Even though the Google service is called Logging, I'm calling these metrics
in the rest of the post as I don't want it to be confused with the actual logs
of a systemd job (eg. what you'd get with journalctl -xe
or systemctl
status <jobname>
).
There are 2 aspects of the solution:
- get the result of a job run
- push the result into Google Logging
Getting the result of a job run
My initial thoughts were that I'll have to write something to query systemd
about the status of the job and then use one of the ways to push the
metrics into Google Logging, but then I discovered the ExecStartPost=
and
ExecStopPost=
hooks. Both can be defined in the [Service]
section of the
systemd unit file and are documented here, but the TL;DR is that systemd
will execute these after the job is started or stopped respectively. Important
detail with the ExecStopPost=
is that it's called regardless of the success
of the main job systemd was executing defined in ExecStart=
.
I'm specifically using ExecStopPost=
since my batch jobs are Type=oneshot
and take anywhere from 5 to 30 seconds. ExecStartPost=
would be useful for a
long running service if you're interested in knowing that it was started.
Another benefit of the ExecStopPost=
is that since the job is done when
systemd invokes it, systemd will pass in 3 environment variables with some
info on the status of the job that just ran, $SERVICE_RESULT
, $EXIT_CODE
and $EXIT_STATUS
. You can see from their names what they represent, for more
info, check out the full documentation.
Pushing results into Google Logging
Google has a bunch of ways to push the logs in, I went with what was the
simplest in this case, using the Cloud SDK and the gcloud
CLI tool.
Install was pretty simple and took about 2 minutes.

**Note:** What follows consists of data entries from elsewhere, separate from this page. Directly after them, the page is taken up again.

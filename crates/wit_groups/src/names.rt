//! The names of a package: of its interfaces and worlds, and of what its files call them.

use crate::fault::{Fault, NameFault, RuleFault};
use crate::order::{Need, Sorted, in_order};
use crate::tables::add_new;
use crate::written::{Part, Scope};
use std::alloc::{AllocError, Global};
use wit_data::{AstItem, Items, Names};
use wit_text::syntax::{
    InterfaceStatement, InterfaceStatementKind, Item, ItemKind, Path, Piece, WorldStatement,
    WorldStatementKind,
};

/// What a file calls things: the path to which a `use` gives a name, None where it defines what has the name.
pub(crate) type FileNames = Names<Option<Path>>;

/// What the names of a package stand for.
#[derive(Drop)]
pub(crate) struct Directory {
    /// The number of each interface and world of the package, among both of them.
    pub numbers: Names<usize>,
    /// The interface or world of each number.
    pub items: Items<Option<AstItem>>,
    /// What each file calls things.
    pub files: Items<FileNames>,
}

impl Directory {
    /// The names of the interfaces and worlds of files, none of which is made yet.
    pub fn new(
        alloc: Global,
        parts: &[Part<'_>],
        scopes: &[Scope<'_>],
    ) -> Result<Directory, Fault> {
        let numbers = numbers_of(alloc, scopes)?;
        let mut files = Items::new(alloc);
        for part in parts {
            let names = file_names(alloc, *part)?;
            check_needs(alloc, *part, &names, &numbers)?;
            files.push(names)?;
        }
        let mut items = Items::new(alloc);
        for _ in scopes {
            items.push(None)?;
        }
        Ok(Directory {
            numbers,
            items,
            files,
        })
    }

    /// The path to which a file gives the name that a path of it is, None where it gives it none.
    pub fn alias(&self, file: usize, source: &str, path: &Path) -> Option<Path> {
        if path.package.is_some() {
            return None;
        }
        let names = self.files.get(file)?;
        match names.get(path.name.text(source)) {
            Some(alias) => *alias,
            None => None,
        }
    }

    /// A path in place of the name that its file has for it.
    pub fn resolved(&self, file: usize, source: &str, path: &Path) -> Path {
        match self.alias(file, source, path) {
            Some(found) => found,
            None => *path,
        }
    }

    /// The interface or world of the package that has this name.
    pub fn item(&self, name: &str) -> Option<AstItem> {
        let number = self.numbers.get(name)?;
        self.item_at(*number).copied()
    }

    /// The interface or world of a number, None where it isn't begun.
    pub fn item_at(&self, number: usize) -> Option<&AstItem> {
        match self.items.get(number) {
            Some(Some(item)) => Some(item),
            _ => None,
        }
    }

    /// Notes what the interface or world of a number is.
    pub fn set_item(&mut self, number: usize, item: AstItem) {
        if number < self.items.len() {
            self.items.set(number, Some(item));
        }
    }

    /// The numbers of interfaces and worlds, each behind those that it needs.
    pub fn order(&self, alloc: Global, scopes: &[Scope<'_>]) -> Result<Items<usize>, Fault> {
        let mut needs = Items::new(alloc);
        for scope in scopes {
            let needed = self.needs(alloc, scopes, scope)?;
            needs.push(needed)?;
        }
        match in_order(alloc, needs.as_slice())? {
            Sorted::Order(order) => Ok(order),
            Sorted::Cycle(need) => Err(cycle(alloc, scopes, need)),
        }
    }

    /// What an interface or a world needs of its package: what an interface uses, what a world includes.
    fn needs(
        &self,
        alloc: Global,
        scopes: &[Scope<'_>],
        scope: &Scope<'_>,
    ) -> Result<Items<Need>, Fault> {
        let mut needs = Items::new(alloc);
        for path in item_needs(alloc, scope.item)?.iter() {
            if let Some(need) = self.need(alloc, scopes, scope, path)? {
                needs.push(need)?;
            }
        }
        Ok(needs)
    }

    /// What a path needs, None where that is of another package. A fault of what its own file has is shown where that
    /// stands.
    fn need(
        &self,
        alloc: Global,
        scopes: &[Scope<'_>],
        scope: &Scope<'_>,
        path: &Path,
    ) -> Result<Option<Need>, Fault> {
        let source = scope.part.source;
        if let Some(found) = self.alias(scope.file, source, path) {
            return self.need_of(alloc, source, &found);
        }
        match self.need_of(alloc, source, path)? {
            Some(need) => Ok(Some(shown_need(scopes, scope.file, need))),
            None => Ok(None),
        }
    }

    /// The need for what a path names, None where that is of another package.
    fn need_of(&self, alloc: Global, source: &str, path: &Path) -> Result<Option<Need>, Fault> {
        if path.package.is_some() {
            return Ok(None);
        }
        let name = path.name.text(source);
        match self.numbers.get(name) {
            Some(target) => Ok(Some(Need {
                target: *target,
                span: path.name.span,
            })),
            None => Err(Fault::name(alloc, path.name.span, NameFault::NoItem, name)),
        }
    }

    /// Whether the `use` lines of files are without attributes and name what is there.
    pub fn check_uses(&self, alloc: Global, parts: &[Part<'_>]) -> Result<(), Fault> {
        for part in parts {
            self.check_file(alloc, *part)?;
        }
        Ok(())
    }

    fn check_file(&self, alloc: Global, part: Part<'_>) -> Result<(), Fault> {
        for item in part.items {
            if let ItemKind::Use(top) = &item.kind {
                if !item.gate.attributes.is_empty() {
                    return Err(Fault::rule(top.span, RuleFault::AttributesOnUse));
                }
                let name = top.path.name.text(part.source);
                if top.path.package.is_none() && !self.numbers.contains_key(name) {
                    let span = top.path.name.span;
                    return Err(Fault::name(alloc, span, NameFault::NoItem, name));
                }
            }
        }
        Ok(())
    }
}

/// A need for what the file of a number may have itself, then with the place where that stands.
fn shown_need(scopes: &[Scope<'_>], file: usize, need: Need) -> Need {
    match scopes.get(need.target) {
        Some(there) if there.file == file => Need {
            target: need.target,
            span: there.name.span,
        },
        _ => need,
    }
}

/// The fault of what needs itself.
fn cycle(alloc: Global, scopes: &[Scope<'_>], need: Need) -> Fault {
    let name = match scopes.get(need.target) {
        Some(scope) => scope.name.text(scope.part.source),
        None => "",
    };
    Fault::name(alloc, need.span, NameFault::ItemDependsOnItself, name)
}

/// The numbers of interfaces and worlds by their names, which differ.
fn numbers_of(alloc: Global, scopes: &[Scope<'_>]) -> Result<Names<usize>, Fault> {
    let mut numbers = Names::new(alloc);
    for (number, scope) in scopes.iter().enumerate() {
        let name = scope.name.text(scope.part.source);
        if numbers.contains_key(name) {
            return Err(Fault::name(alloc, scope.name.span, NameFault::DuplicateItem, name));
        }
        add_new(&mut numbers, String::from_str(alloc, name)?, number)?;
    }
    Ok(numbers)
}

/// What a file calls things, by names that differ.
fn file_names(alloc: Global, part: Part<'_>) -> Result<FileNames, Fault> {
    let mut names = Names::new(alloc);
    for item in part.items {
        let (name, path) = named_by(item);
        let text = name.text(part.source);
        if names.contains_key(text) {
            return Err(Fault::name(alloc, name.span, NameFault::DuplicateInFile, text));
        }
        add_new(&mut names, String::from_str(alloc, text)?, path)?;
    }
    Ok(names)
}

/// The name that an item has in its file, and for a `use` the path that has it.
fn named_by(item: &Item) -> (Piece, Option<Path>) {
    match &item.kind {
        ItemKind::Interface(name, _) | ItemKind::World(name, _) => (*name, None),
        ItemKind::Use(top) => (top.name, Some(top.path)),
    }
}

/// Whether all that the interfaces and worlds of a file need is there, by the names of the file and of the package.
fn check_needs(
    alloc: Global,
    part: Part<'_>,
    names: &FileNames,
    numbers: &Names<usize>,
) -> Result<(), Fault> {
    for item in part.items {
        for path in item_needs(alloc, item)?.iter() {
            let name = path.name.text(part.source);
            if path.package.is_none() && !names.contains_key(name) && !numbers.contains_key(name) {
                return Err(Fault::name(alloc, path.name.span, NameFault::NoItem, name));
            }
        }
    }
    Ok(())
}

/// The paths that have to come before an item: of an interface those that it uses, of a world those that it includes.
fn item_needs(alloc: Global, item: &Item) -> Result<Items<Path>, AllocError> {
    match &item.kind {
        ItemKind::Interface(_, statements) => used_paths(alloc, statements.as_slice()),
        ItemKind::World(_, statements) => included_paths(alloc, statements.as_slice()),
        ItemKind::Use(_) => Ok(Items::new(alloc)),
    }
}

fn used_paths(alloc: Global, statements: &[InterfaceStatement]) -> Result<Items<Path>, AllocError> {
    let mut paths = Items::new(alloc);
    for statement in statements {
        if let InterfaceStatementKind::Use(used) = &statement.kind {
            paths.push(used.path)?;
        }
    }
    Ok(paths)
}

fn included_paths(alloc: Global, statements: &[WorldStatement]) -> Result<Items<Path>, AllocError> {
    let mut paths = Items::new(alloc);
    for statement in statements {
        if let WorldStatementKind::Include(include) = &statement.kind {
            paths.push(include.path)?;
        }
    }
    Ok(paths)
}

Now it was just a matter of putting the gcloud
call into the ExecStopPost=
hook and my first attempt looked like this:
[Service]
...
ExecStart=...
ExecStopPost=/path/to/gcloud logging write price-sync-intraday '{ "message": "Intraday price sync completed with ${SERVICE_RESULT}", "result": "${SERVICE_RESULT}", "exit_code": "${EXIT_CODE}", "exit_status": "${EXIT_STATUS}" }' --payload-type=json
Looks a bit ugly, but works. Third argument to gcloud
is the name of the log
and the fourth is the actual payload. Payload has no structure, except
whatever you put in the message will be the "title" of the log in the log
viewer. Since I'm using this in almost a dozen jobs, and didn't want to paste
this mess in a dozen unit files (and customize the name of the job in each), I
extracted this into a shell script post_metrics.sh
and replaced
ExecStopPost=
:
[Service]
...
ExecStart=...
ExecStopPost=post_metrics.sh %N $SERVICE_RESULT $EXIT_CODE $EXIT_STATUS
Here I'm also using %N
specifier to pass the name of the systemd job to
the script, so the script can post to the appropriate log category.
And finally, here's how that looks like in the Log Viewer:
From here, it was pretty easy to define a metric based on either of the fields in the JSON payload, and then an alert based on that metric.